No sabría muy bien cómo explicar el contenido poético en una novela de ciencia ficción. Y el caso es que Bradbury, por lo que he leído, fue también poeta en su juventud. Tal vez intentó hacer poesía con el tema que más le interesaba, lo cierto es que la obra está recorrida por un misterioso ambiente crepuscular, sin apenas descripciones científicas que presenten un futuro lleno de novedades técnicas. Casi nada sabemos de las circunstancias del viaje, o de las características de las aeronaves, incluso Marte es -antes de la llegada de los terrícolas- un planeta habitado por seres peculiares pero no muy alejados de nosotros, con pequeñas ciudades que parecen sacadas del medio oeste americano y casitas de campo en las que viven parejas con la misma soledad y tedio que podríamos encontrar en un cuadro de Hopper. Si la poesía es convertir en imágenes o en palabras el misterio de la existencia, Bradbury transforma en metáforas las incertidumbres de su tiempo.

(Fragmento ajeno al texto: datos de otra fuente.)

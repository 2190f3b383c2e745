//! The first of the three levels of a body, with the results that may be assigned.
ghost use Rattle.std.specs.Prelude.{◌≡◌, OnOk, IfOk};
ghost use Rattle.spl_tree.specs.Views.{letters};
ghost use Rattle.spl_sorts.specs.spl_meaning.Names.{find};
ghost use Rattle.spl_places.specs.NameMaps.{entries_of, shown};
ghost use Rattle.spl_places.specs.Spots.{spot_of};
ghost use Rattle.spl_body_scopes.specs.Levels.{level_of};
ghost use Rattle.spl_body_scopes.specs.Results.{result_of, results_through};
ghost use Rattle.spl_statement_scopes.specs.Levels as l;
ghost use Rattle.spl_statement_scopes.specs.Levels.{behind};
ghost use Rattle.spl_module_code.specs.Bodies.{is_called, seen_results};
ghost use Rattle.spl_sorts.specs.Tables.{names_of};

use spl_body_scopes::{BodyResult, Level, Results};
use spl_places::{NameMap, Place};
use spl_sorts::{Names, Sort, Table};
use spl_tree::Name;
use std::alloc::{AllocError, Global};

/// A level without names: the first of a procedure and of a main body.
#[tactic(auto, unfolding(spl_spots::specs::NameMaps::shown))]
pub fn no_names(alloc: Global) -> Level
    ensures { level_of result ≡ l.no_names }
{
    Level {
        names: Table::new(alloc),
        places: NameMap::new(alloc),
    }
}

/// Whether a name stands for a procedure or a subroutine.
fn is_called(names: &Names<'_>, name: &Name) -> bool
    ensures { result ≡ is_called (names_of names.now (letters name.now)) }
{
    match names.find(name) {
        Some(Sort::Procedure(_) | Sort::Subroutine(_)) => true,
        _ => false,
    }
}

/// Takes in the place of a result, where its name stands for what gives it.
fn add_result(
    places: &mut NameMap<Place>,
    names: &Names<'_>,
    known: &Option<BodyResult>,
) -> Result<(), AllocError>
    ensures { OnOk result (shown spot_of (find (entries_of places.new)) ≡ behind (shown spot_of (find (entries_of places.old))) (seen_results (names_of names.now) (result_of known.now))) }
{
    if let Some(one) = known {
        if is_called(names, &one.name) {
            places.add(&one.name, one.place)?;
        }
    }
    Ok(())
}

/// The first of three levels, with the results behind its places, of the names that stand for what gives them.
pub fn with_results(
    inner: Level,
    own: &Level,
    outer: &Level,
    results: Results<'_>,
) -> Result<Level, AllocError>
    ensures { IfOk result (λ level. level_of level ≡ l.with_results (level_of inner) (level_of own.now) (level_of outer.now) (results_through (result_of results.entry.inner.now) (result_of results.entry.own.now))) }
{
    let Level { names, mut places } = inner;
    let seen = Names {
        inner: &names,
        own: &own.names,
        outer: &outer.names,
    };
    add_result(&mut places, &seen, results.inner)?;
    add_result(&mut places, &seen, results.own)?;
    Ok(Level { names, places })
}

El pesimismo que refleja la novela será poético pero no por ello es menos desalentador respecto al destino que le espera a la humanidad. Hay en Bradbury una desconfianza amarga en el progreso que le lleva en varias de sus obras a plantear futuros distópicos, la tiranía que en nombre del hedonismo y la ignorancia ha creado un mundo sin libros o el torpe orgullo materialista de una sociedad que repite sus defectos y vicios en un nuevo planeta. En realidad, un moralista o un escritor más de ciencia ficción no habría sido tan trascendente, por supuesto que hay una lectura social que está muy pegada a su tiempo y que, en apariencia, podría sugerir que está pasada de moda. Pero, aparte de que la crítica al consumismo, las referencias a la Caza de brujas o al temor por la carrera armamentística no me parecen en modo alguno despreciables como asuntos del pasado, Bradbury tiene un verdadero conocimiento del alma humana y propone la pregunta existencial definitiva: Qué hacemos aquí y cómo nos las vamos a seguir arreglando para mantenernos unos años más sin destruirnos entre nosotros o acabar con el planeta. Esa es la clave de su vigencia.